─── DATA SECTION
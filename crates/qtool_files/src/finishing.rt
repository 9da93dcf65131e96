//! What came of a run or of a service, written out: its outcome, then its journal, and then an image of its store.
ghost use Rattle.std.specs.Prelude.{◌≡◌, Err, IfOk, IfErr, option_map};
ghost use Rattle.std.specs.Io.KnownBytes.{Appends};
ghost use Rattle.qtext.specs.Written.{AppendsFront, Writes};
ghost use Rattle.qtool_files.specs.OutcomeTexts.{told_text};
ghost use Rattle.qtool_files.specs.Saved.{IsLeftAt, IsReadable, IsSaved};
ghost use Rattle.qtool_files.specs.declared.finishing.Refuser.TheVariants.{Output};

use crate::Files;
use crate::saving::{save_image, save_journal};
use qrun_replay::Outcome;
use qtext::{RefusedWrite, View, Written};
use qtext_outcome::put_left;
use qtext_rows::put_formatted;
use std::io::Write;

/// What refused what came of a run.
#[derive(Clone, Copy, Debug, PartialEq, Eq)]
pub enum Refuser {
    /// The output.
    Output,
    /// The file for the journal: a draft cannot be made, refuses, or cannot be kept.
    Journal,
    /// The file for the image, likewise, or memory was wanted for it and not there.
    Image,
}

/// What is written of an outcome.
#[derive(Clone, Copy, Debug)]
pub enum OutcomeText {
    /// All of it, as the view shows it.
    Whole(View),
    /// What is left of a service: all but what its clients were told, who have read it.
    Left,
}

/// The files that an outcome is saved in, beside its text, where they are named.
#[derive(Clone, Copy, Debug)]
pub struct SavedNames<'a> {
    /// That of the journal.
    pub journal: Option<&'a str>,
    /// That of an image of the store.
    pub image: Option<&'a str>,
}

/// Writes the text of an outcome, with the report at the moment, and flushes it.
#[tactic(auto, using(crate::proofs::Flushes::refused_at_the_flush, qtext::proofs::Fronts::keeps_appends))]
fn finish_text<W: Write>(outcome: &Outcome, text: OutcomeText, at: u64, out: &mut W) -> Written
    ensures { Writes (W.contents out.old) (W.contents out.new) result (told_text text outcome.now at) }
{
    let written = match text {
        OutcomeText::Whole(view) => put_formatted(out, view, outcome, at),
        OutcomeText::Left => put_left(out, outcome, at),
    };
    if written.is_err() || out.flush().is_err() {
        return Err(RefusedWrite);
    }
    Ok(())
}

/// Writes what came of a run or of a service to the output, as this text with the report at the moment, and flushes
/// it; and then, where files are named for them, its journal and an image of its store, each as a draft, which is
/// flushed and kept under the name.
///
/// An output that refuses leaves no file: no draft is made. Where the journal or the image is refused, the text stands
/// whole in the output, and under its name there is what was there before; the image comes behind the journal, and is
/// not tried where that is refused. A program that is ended in between leaves the same, and may leave the draft.
pub fn finish_outcome<F: Files, O: Write>(
    outcome: &Outcome,
    text: OutcomeText,
    at: u64,
    names: SavedNames<'_>,
    files: &mut F,
    out: &mut O,
) -> Result<(), Refuser>
    ensures whole { (result ≡ Err Output → ⊥)
        → Appends (O.contents out.old) (O.contents out.new) (told_text text outcome.now at) }
    ensures beginning { result ≡ Err Output
        → AppendsFront (O.contents out.old) (O.contents out.new) (told_text text outcome.now at) }
    ensures no_file { result ≡ Err Output → files.new ≡ files.old }
    ensures again { IfOk result (λ _. IsReadable (option_map (λ n. n.now) names.entry.journal)
        (option_map (λ n. n.now) names.entry.image) outcome.now) }

    // Where files tell what they hold, as the machine's do not.
    ensures saved { IfOk result (λ _. IsSaved (F.held files.old) (F.held files.new)
        (option_map (λ n. n.now) names.entry.journal) (option_map (λ n. n.now) names.entry.image) outcome.now) }
    ensures left { IfErr result (IsLeftAt (F.held files.old) (F.held files.new)
        (option_map (λ n. n.now) names.entry.journal) outcome.now) }
{
    if finish_text(outcome, text, at, out).is_err() {
        return Err(Refuser::Output);
    }
    if save_journal(outcome, names.journal, files).is_err() {
        return Err(Refuser::Journal);
    }
    if save_image(outcome, names.image, files).is_err() {
        return Err(Refuser::Image);
    }
    Ok(())
}
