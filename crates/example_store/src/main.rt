//! One caller of each crate that a program of one's own begins with, and what comes of it: a quota record, a file, a
//! store, an audit, and a store that seats share. Their `CALLING.md` show these callers.
#![tactic(auto)]

ghost use Rattle.std.specs.Prelude.{◌≡◌};

use qblocks::BlockFile;
use qplain::Reply;
use qrules::{Over, Record};
use qshare::Opened;
use qshare_history::StoreId;
use qstore::Store;
use std::alloc::Global;
use std::io;
use std::marker::Brand;
use std::sync::Wait;

mod audits;
mod files;
mod given;
mod records;
mod seats;
mod stores;

/// Charges a builder for more blocks than it may have.
fn show_record(rt: &impl Print) -> io::Result<()> {
    let mut record = Record::new(given::FEW);
    match records::charge(&mut record, given::GRACES, 0, 3, 0) {
        Ok(()) => println!(rt; "record: granted"),
        Err(Over::BlockHard) => println!(rt;
            "record: refused, and {} blocks as before",
            record.blocks()
        ),
        Err(_) => println!(rt; "record: refused"),
    }
}

/// Writes three bytes into a new file.
fn show_file(rt: &impl Print, alloc: Global) -> io::Result<()> {
    let mut file = BlockFile::new(alloc);
    let blocks = files::append(&mut file, b"ok\n")?;
    println!(rt; "file: {} bytes in {blocks} blocks", file.size())
}

/// Makes two files, of which the builder may have one beside its other inode.
fn show_store(rt: &impl Print, alloc: Global) -> io::Result<Store> {
    let builder = given::builder(alloc)?;
    let mut store = Store::new(alloc, given::setup(alloc)?, 7)?;
    for text in ["/a", "/b", "/c"] {
        match stores::create(&mut store, &builder, 0, &given::path(alloc, text)?)? {
            Reply::Done(ino, _) => println!(rt; "store: {text} is inode {ino}")?,
            Reply::Refused(refusal) => println!(rt;
                "store: {text} is refused, {}",
                refusal.number()
            )?,
            _ => {}
        }
    }
    Ok(store)
}

/// Recounts a store's rows.
fn show_audit(rt: &impl Print, alloc: Global, store: &Store) -> io::Result<()> {
    let inodes = store.inode_rows()?;
    let names = store.name_rows()?;
    let records = store.record_rows()?;
    if inodes.len() > 8 {
        return Ok(());
    }
    let found = audits::check(alloc, &inodes, &names, &records)?;
    println!(rt;
        "audit: {} inodes, {} differences",
        inodes.len(),
        found.len()
    )
}

/// Makes a file from each of two seats, and ends the store.
fn show_seats<S: StoreId, W: Wait + Print>(rt: &W, alloc: Global, opened: Opened) -> io::Result<()>
    requires { opened ≡ S.id }
{
    let builder = given::builder(alloc)?;
    let Ok((shared, seats)) = opened.without_viewers::<S>() else {
        return Err(io::Error::from(io::ErrorKind::OutOfMemory));
    };
    let mut shares = Vec::new(alloc);
    for mut seat in seats {
        let path = given::path(alloc, "/a")?;
        if let Ok(receipt) = seats::create(rt, &shared, &mut seat, &builder, path) {
            println!(rt; "seat: its call is at place {}", receipt.place)?;
        }
        shares.push(seat.finish())?;
    }
    match shared.end(rt, shares) {
        Ok(ended) => println!(rt; "end: {} calls", ended.into_parts().tallies.calls),
        Err(_) => println!(rt; "end: a share is missing"),
    }
}

fn main(rt: HostRuntime) -> io::Result<()> {
    let alloc = rt.alloc();
    show_record(&rt)?;
    show_file(&rt, alloc)?;
    let store = show_store(&rt, alloc)?;
    show_audit(&rt, alloc, &store)?;
    match Opened::new(alloc, given::setup(alloc)?, 2, 7) {
        Ok(opened) => show_seats::<Brand, _>(&rt, alloc, opened),
        Err(_) => Err(io::Error::from(io::ErrorKind::OutOfMemory)),
    }
}
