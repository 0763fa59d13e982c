//! The close of a run: its items are appended to the log, then the changed pages are written, then the
//! replies.
#![tactic(auto)]

mod close;
mod output;

pub use close::{Close, CloseStop};
pub use output::write_session;
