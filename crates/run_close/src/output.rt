// The replies of a session as output.
ghost use Rattle.std.specs.Prelude.{◌<◌, ◌^◌, length, is_err};
ghost use Rattle.spec_script.specs.Replies.{session_text};
ghost use Rattle.vol_dev.specs.Output.{Wrote};

use ck_text::write_reply;
use spec_script::Reply;
use vol_dev::{DeviceFailed, Sink};

/// Writes the replies of a session, which is counted from 1. After a failure a front of their bytes
/// stands there.
pub fn write_session<K: Sink>(
    session: u32,
    replies: &[Reply],
    out: &mut K,
) -> Result<(), DeviceFailed>
    requires { length replies.now < 2 ^ 32 }
    ensures { Wrote K.Sink out.old out.new (session_text session 1 replies.now) (is_err result) }
{
    for (i, reply) in replies.iter().enumerate() {
        write_reply(session, i as u32 + 1, reply, out)?;
    }
    Ok(())
}
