// The close of a run: its log, and then its pages.
ghost use Rattle.std.specs.Prelude.{◌≡◌, All, IsTrue, flat_map, IfOk, IsErrOf};
ghost use Rattle.pg_base.specs.Faults.{Counts};
ghost use Rattle.spec_log.specs.Bytes.{item_bytes};
ghost use Rattle.spec_log.specs.Items.{has_form};
ghost use Rattle.run_close.specs.Close.{IsCloseOf, MayClose, ClosesBy};

use log_rec::encode;
use pg_base::NoMemory;
use spec_log::Record;
use std::alloc::Global;
use vol_dev::{LogFile, Volume};
use vol_pool::{Frames, changed_pages};

/// What the close of a run writes: the bytes of its items, and which pages they change. It is made
/// before anything is written, so that the close itself wants no memory.
#[derive(Drop)]
pub struct Close {
    pub(crate) bytes: Vec<u8>,
    pub(crate) changed: Vec<bool>,
}

/// The device that failed at the close of a run.
#[derive(Clone, Copy, Debug, PartialEq, Eq)]
pub enum CloseStop {
    Log,
    Volume,
}

/// The bytes of these items.
fn encoded(alloc: Global, items: &[Record]) -> Result<Vec<u8>, NoMemory>
    requires { All (λ item. IsTrue (has_form item)) items.now }
    ensures { IfOk result (λ bytes. bytes.items ≡ flat_map item_bytes items.now) }
{
    let mut bytes = Vec::new(alloc);
    for item in items {
        encode(item, &mut bytes)?;
    }
    Ok(bytes)
}

impl Close {
    /// The close of a run that has appended these items, the oldest first, over so many pages.
    pub fn of(alloc: Global, items: &[Record], pages: usize) -> Result<Close, NoMemory>
        requires { All (λ item. IsTrue (has_form item)) items.now }
        ensures { IfOk result (IsCloseOf items.now pages) }
    {
        let bytes = encoded(alloc, items)?;
        let changed = changed_pages(alloc, items, pages)?;
        Ok(Close { bytes, changed })
    }

    /// Appends the items to the log, and then writes the changed pages in rising order.
    pub fn write<V: Volume, L: LogFile>(
        &self,
        frames: &Frames,
        volume: &mut V,
        log: &mut L,
    ) -> Result<(), CloseStop>
        requires { MayClose self.now frames.now (V.contents volume.old) }
        ensures closes { ClosesBy self.now frames.now (V.contents volume.old) (V.contents volume.new) (L.contents log.old) (L.contents log.new) result }
        ensures volume_faults { Counts (IsErrOf result CloseStop.Volume) (V.faults volume.old) (V.faults volume.new) }
        ensures log_faults { Counts (IsErrOf result CloseStop.Log) (L.faults log.old) (L.faults log.new) }
    {
        if log.append(&self.bytes).is_err() {
            return Err(CloseStop::Log);
        }
        match frames.write_back(volume, &self.changed) {
            Ok(()) => Ok(()),
            Err(_) => Err(CloseStop::Volume),
        }
    }
}
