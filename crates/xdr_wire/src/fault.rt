//! Why bytes don't encode a value.
use thiserror::Error;

/// The fault of bytes that don't encode a value of a type: the first one from the left (RFC 4506).
#[derive(Clone, Copy, Debug, PartialEq, Eq, Error)]
pub enum XdrFault {
    /// The bytes end inside an item, or inside the padding after it.
    #[error("the bytes end inside an item")]
    Short = 1,
    /// A boolean is neither 0 nor 1 (section 4.4).
    #[error("a boolean is neither 0 nor 1")]
    BadBool = 2,
    /// A padding byte isn't 0 (section 3).
    #[error("padding is not zero")]
    BadPad = 3,
    /// A length or a count is above the type's maximum (sections 4.10 and 4.13).
    #[error("an item is longer than its limit")]
    TooLong = 4,
    /// No arm of a union has the discriminant (section 4.15).
    #[error("no arm of a union has this discriminant")]
    BadChoice = 5,
}
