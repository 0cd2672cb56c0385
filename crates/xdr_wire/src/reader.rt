//! Decoding bytes from left to right.
ghost use Rattle.std.specs.Prelude.{◌≡◌, ◌<◌, ◌≤◌, ◌+◌, ◌↔◌, List, [], length, MatchResult, IfOk, IsTrue};
ghost use Rattle.std.specs.Int.{w32, w64};
ghost use Rattle.xdr_wire.specs.Xdr.{uint, hyper, signed_hyper, boolean, fixed, opaque, padding};
ghost use Rattle.xdr_wire.specs.Reading.{Gives, read_at, padded_at, count_at, are_zero};

use crate::fault::XdrFault;
use std::marker::Model;

/// The bytes that are left to read; contracts see a list. Results borrow from these bytes and are never copied. A call
/// that returns a fault leaves the reader at the beginning of the item.
#[derive(Drop)]
pub struct Reader<'a> {
    rest: &'a [u8],
}

impl<'a> Model for Reader<'a> {
    ghost use Rattle.std.specs.Prelude.{List, ℕ};

    ghost Value = { List ℕ };

    ghost view = { λ r. r.rest.now };
}

/// The number of zero bytes after an item of `len` bytes (RFC 4506, section 3).
pub(crate) fn padding_of(len: usize) -> usize
    ensures { result ≡ padding len }
{
    (4 - len % 4) % 4
}

fn are_zero(bytes: &[u8]) -> bool
    ensures { result ≡ are_zero bytes.now }
{
    bytes.iter().all(|b| *b == 0)
}

/// An item of this length and its padding, and the bytes after them.
#[tactic(auto, unfolding(crate::specs::Reading::padded_at))]
fn split_padded(bytes: &[u8], len: usize) -> Result<(&[u8], &[u8]), XdrFault>
    ensures gives { MatchResult result (λ x. padded_at len bytes.now ≡ Ok (x.0.now, x.1.now))
        (λ e. padded_at len bytes.now ≡ Err e) }
    ensures len { IfOk result (λ x. length x.0.now ≡ len) }
{
    if bytes.len() < len {
        return Err(XdrFault::Short);
    }
    let (item, appended) = bytes.split_at(len);
    let padding = padding_of(len);
    if appended.len() < padding {
        return Err(XdrFault::Short);
    }
    let (zeros, rest) = appended.split_at(padding);
    if are_zero(zeros) {
        Ok((item, rest))
    } else {
        Err(XdrFault::BadPad)
    }
}

impl<'a> Reader<'a> {
    /// A reader of these bytes.
    pub fn new(bytes: &'a [u8]) -> Self
        ensures { result ≡ bytes.now }
    {
        Reader { rest: bytes }
    }

    /// Another reader of the same bytes, for reading ahead.
    pub fn fork(&self) -> Reader<'a>
        ensures { result ≡ self.now }
    {
        Reader { rest: self.rest }
    }

    /// All bytes that are left.
    pub fn rest(&self) -> &'a [u8]
        ensures { result.now ≡ self.now }
    {
        self.rest
    }

    /// The number of bytes that are left.
    pub fn len(&self) -> usize
        ensures { result ≡ length self.now }
    {
        self.rest.len()
    }

    /// Whether nothing is left.
    pub fn is_empty(&self) -> bool
        ensures { IsTrue result ↔ (self.now ≡ []) }
    {
        self.rest.is_empty()
    }

    /// An unsigned int (RFC 4506, section 4.2). `Short`: fewer than 4 bytes are left.
    pub fn u32(&mut self) -> Result<u32, XdrFault>
        ensures { Gives (λ n. n) self.old self.new result (read_at uint self.old) }
    {
        if self.rest.len() < 4 {
            return Err(XdrFault::Short);
        }
        let (item, rest) = self.rest.split_at(4);
        self.rest = rest;
        Ok(u32::from_be_bytes([item[0], item[1], item[2], item[3]]))
    }

    /// An unsigned hyper (section 4.5). `Short`: fewer than 8 bytes are left.
    pub fn u64(&mut self) -> Result<u64, XdrFault>
        ensures { Gives (λ n. n) self.old self.new result (read_at hyper self.old) }
    {
        if self.rest.len() < 8 {
            return Err(XdrFault::Short);
        }
        let (item, rest) = self.rest.split_at(8);
        self.rest = rest;
        Ok(u64::from_be_bytes([
            item[0], item[1], item[2], item[3], item[4], item[5], item[6], item[7],
        ]))
    }

    /// A hyper, in two's complement (section 4.5). `Short`: fewer than 8 bytes are left.
    pub fn i64(&mut self) -> Result<i64, XdrFault>
        ensures { Gives (λ z. z) self.old self.new result (read_at signed_hyper self.old) }
    {
        Ok(self.u64()?.cast_signed())
    }

    /// A boolean (section 4.4). `Short`: fewer than 4 bytes are left. `BadBool`: the number is above 1.
    pub fn boolean(&mut self) -> Result<bool, XdrFault>
        ensures { Gives (λ b. b) self.old self.new result (read_at boolean self.old) }
    {
        let start = self.rest;
        match self.u32()? {
            0 => Ok(false),
            1 => Ok(true),
            _ => {
                self.rest = start;
                Err(XdrFault::BadBool)
            }
        }
    }

    /// The count of an array or the length of an opaque item, at most `max`. `Short`: fewer than 4 bytes are left.
    /// `TooLong`: the number is above `max`.
    pub fn count(&mut self, max: usize) -> Result<u32, XdrFault>
        ensures gives { Gives (λ n. n) self.old self.new result (count_at max self.old) }
        ensures within { IfOk result (λ n. n ≤ max) }
    {
        let start = self.rest;
        let count = self.u32()?;
        if count as usize > max {
            self.rest = start;
            return Err(XdrFault::TooLong);
        }
        Ok(count)
    }

    /// Opaque data of n bytes and its padding (section 4.9). `Short`: bytes or padding are missing. Else `BadPad`: the
    /// padding isn't zero.
    pub fn fixed(&mut self, n: usize) -> Result<&'a [u8], XdrFault>
        ensures gives { Gives (λ x. x.now) self.old self.new result (read_at (fixed n) self.old) }
        ensures len { IfOk result (λ x. length x.now ≡ n) }
    {
        let (item, rest) = split_padded(self.rest, n)?;
        self.rest = rest;
        Ok(item)
    }

    /// Opaque data of at most `max` bytes, after its length (section 4.10). The faults come in this order. `Short`: the
    /// length is missing. `TooLong`: the length is above `max`. `Short`: bytes or padding are missing. `BadPad`: the
    /// padding isn't zero.
    pub fn opaque(&mut self, max: usize) -> Result<&'a [u8], XdrFault>
        ensures gives { Gives (λ x. x.now) self.old self.new result (read_at (opaque max) self.old) }
        ensures within { IfOk result (λ x. length x.now ≤ max) }
    {
        let mut appended = Reader { rest: self.rest };
        let len = appended.count(max)?;
        let item = appended.fixed(len as usize)?;
        self.rest = appended.rest;
        Ok(item)
    }
}
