//! Values that have an encoding in XDR (RFC 4506).
ghost use Rattle.std.specs.Prelude.{◌≡◌, OnOk};
ghost use Rattle.xdr_wire.specs.Xdr.{Xdr, Value, HasSpelling, spelling};
ghost use Rattle.xdr_wire.specs.Reading.{Gives, read_at};
ghost use Rattle.xdr_wire.specs.Wire.{Normal, normalized, in_normal_form};
ghost use Rattle.xdr_wire.specs.Buffer.{Puts};

use crate::fault::XdrFault;
use crate::reader::Reader;
use crate::writer::{Full, Writer};
use std::alloc::Allocator;

/// A type whose values one XDR type encodes, its form, and which can be written.
///
/// A composite type writes the tuple of its fields, which writes all of them or none.
pub trait Spell: Sized + Drop {
    ghost form: { Xdr };

    // the value of the XDR type that is written
    ghost view: { Self → Value form };

    // Values of the XDR type that mean the same have one normal form, as when a field is ignored. `None`: each value is
    // its own normal form.
    ghost normal: { Normal (Value form) };

    /// Writes the encoding of the value, or nothing. `Full`: exactly if the room is less than the encoding takes. The
    /// bytes that are written encode the value, which is in normal form, and are therefore read back as it.
    fn write<A: Allocator>(self, writer: &mut Writer<A>) -> Result<(), Full>
        ensures has_spelling { OnOk result (HasSpelling form (view self)) }
        ensures in_normal_form { OnOk result (normalized normal (view self) ≡ view self) }
        ensures puts { Puts writer.old writer.new (spelling form (view self)) result };
}

/// A type whose values are read from the encodings of its form, and written.
pub trait Wire<'a>: Spell {
    /// Reads the value that the bytes begin with an encoding of. The result borrows from the bytes. A fault leaves the
    /// reader at the beginning of the value.
    fn read(reader: &mut Reader<'a>) -> Result<Self, XdrFault>
        ensures { Gives Self.view reader.old reader.new result
            (in_normal_form Self.normal (read_at Self.form reader.old)) };
}
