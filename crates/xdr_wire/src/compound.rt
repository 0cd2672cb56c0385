//! Pairs and optional data (RFC 4506, sections 4.14 and 4.19).
use crate::fault::XdrFault;
use crate::reader::Reader;
use crate::wire::{Spell, Wire};
use crate::writer::{Full, Writer};
use std::alloc::Allocator;

/// Two fields, one after the other. A struct is a pair of its first field and the struct of the
/// others (RFC 4506, section 4.14).
impl<S: Spell, T: Spell> Spell for (S, T) {
    ghost use Rattle.xdr_wire.specs.Xdr.{pair};
    ghost use Rattle.xdr_wire.specs.Wire.{both};

    ghost form = { pair S.form T.form };

    ghost view = { λ x. (S.view x.0, T.view x.1) };

    ghost normal = { both S.normal T.normal };

    fn write<A: Allocator>(self, writer: &mut Writer<A>) -> Result<(), Full> {
        let (first, second) = self;
        let start = writer.len();
        first.write(writer)?;
        let written = second.write(writer);
        if written.is_err() {
            writer.truncate(start);
        }
        written
    }
}

impl<'a, S: Wire<'a>, T: Wire<'a>> Wire<'a> for (S, T) {
    fn read(reader: &mut Reader<'a>) -> Result<Self, XdrFault> {
        let mut ahead = reader.fork();
        let first = S::read(&mut ahead)?;
        let second = T::read(&mut ahead)?;
        *reader = ahead;
        Ok((first, second))
    }
}

/// Optional data (section 4.19): TRUE and the item, or FALSE.
impl<T: Spell> Spell for Option<T> {
    ghost use Rattle.std.specs.Prelude.{option_map};
    ghost use Rattle.xdr_wire.specs.Xdr.{optional};
    ghost use Rattle.xdr_wire.specs.Wire.{within};

    ghost form = { optional T.form };

    ghost view = { λ x. option_map T.view x };

    ghost normal = { within T.normal };

    fn write<A: Allocator>(self, writer: &mut Writer<A>) -> Result<(), Full> {
        match self {
            None => writer.put_bool(false),
            Some(item) => (true, item).write(writer),
        }
    }
}

impl<'a, T: Wire<'a>> Wire<'a> for Option<T> {
    fn read(reader: &mut Reader<'a>) -> Result<Self, XdrFault> {
        let mut ahead = reader.fork();
        if !ahead.boolean()? {
            *reader = ahead;
            return Ok(None);
        }
        let item = T::read(&mut ahead)?;
        *reader = ahead;
        Ok(Some(item))
    }
}
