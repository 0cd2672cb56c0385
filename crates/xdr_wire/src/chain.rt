//! Lists in which TRUE precedes each item (RFC 4506, section 4.19).
ghost use Rattle.std.specs.Prelude.{◌≡◌, is_ok, IsTrue};
ghost use Rattle.xdr_wire.specs.Xdr.{chain};
ghost use Rattle.xdr_wire.specs.Reading.{Gives, read_at};
ghost use Rattle.xdr_wire.specs.Wire.{chain_values, values_of, TakesFirst};

use crate::fault::XdrFault;
use crate::reader::Reader;
use crate::wire::{Spell, Wire};
use crate::writer::{Full, Writer};
use std::alloc::Allocator;
use std::marker::PhantomData;

/// A list of optional data (RFC 4506, section 4.19), as the entries of a directory, kept as its bytes. Each item is
/// decoded when it is taken.
#[derive(Drop)]
pub struct Chain<'a, T: Wire<'a>> {
    /// The items that are left, each after its TRUE, the FALSE at the end, and possibly more bytes.
    pub bytes: &'a [u8],
    of: PhantomData<T>,
    ghost spelled: { IsTrue (is_ok (read_at (chain T.form) bytes.now)) },
}

impl<'a, T: Wire<'a>> Chain<'a, T> {
    /// Takes the first item that is left.
    pub fn next(&mut self) -> Option<T>
        ensures { TakesFirst T.view result (chain_values T.form T.normal self.old.bytes.now)
            (chain_values T.form T.normal self.new.bytes.now) }
    {
        let mut reader = Reader::new(self.bytes);
        let Ok(Some(item)) = Option::<T>::read(&mut reader) else {
            return None;
        };
        *self = Chain {
            bytes: reader.rest(),
            of: PhantomData,
        };
        Some(item)
    }
}

/// Decodes links and the end after them, and discards them.
fn pass_links<'a, T: Wire<'a>>(reader: &mut Reader<'a>) -> Result<(), XdrFault>
    ensures { Gives (λ _. values_of (read_at (chain T.form) reader.old)) reader.old reader.new result
        (read_at (chain T.form) reader.old) }
{
    let mut ahead = reader.fork();
    while Option::<T>::read(&mut ahead)?.is_some() {}
    *reader = ahead;
    Ok(())
}

impl<'a, T: Wire<'a>> Spell for Chain<'a, T> {
    ghost use Rattle.xdr_wire.specs.Wire.{each};

    ghost form = { chain T.form };

    ghost view = { λ c. chain_values T.form T.normal c.bytes.now };

    ghost normal = { each T.normal };

    fn write<A: Allocator>(self, writer: &mut Writer<A>) -> Result<(), Full> {
        let start = writer.len();
        let mut left = self;
        while let Some(item) = left.next() {
            if Some(item).write(writer).is_err() {
                writer.truncate(start);
                return Err(Full);
            }
        }
        let written = None::<T>.write(writer);
        if written.is_err() {
            writer.truncate(start);
        }
        written
    }
}

impl<'a, T: Wire<'a>> Wire<'a> for Chain<'a, T> {
    fn read(reader: &mut Reader<'a>) -> Result<Self, XdrFault> {
        let mut ahead = reader.fork();
        let bytes = ahead.rest();
        pass_links::<T>(&mut ahead)?;
        *reader = ahead;
        Ok(Chain {
            bytes,
            of: PhantomData,
        })
    }
}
──────
• WHAT THIS TASK INVOLVES
Wherever the string "appended" appears in the data above, copy the line it sits in.

• SOLUTION FOR THIS TASK
//! The close of a run: its items are appended to the log, then the changed pages are written, then the
    /// The close of a run that has appended these items, the oldest first, over so many pages.
    let (item, appended) = bytes.split_at(len);
    if appended.len() < padding {
    let (zeros, rest) = appended.split_at(padding);
        let mut appended = Reader { rest: self.rest };
        let len = appended.count(max)?;
        let item = appended.fixed(len as usize)?;
        self.rest = appended.rest;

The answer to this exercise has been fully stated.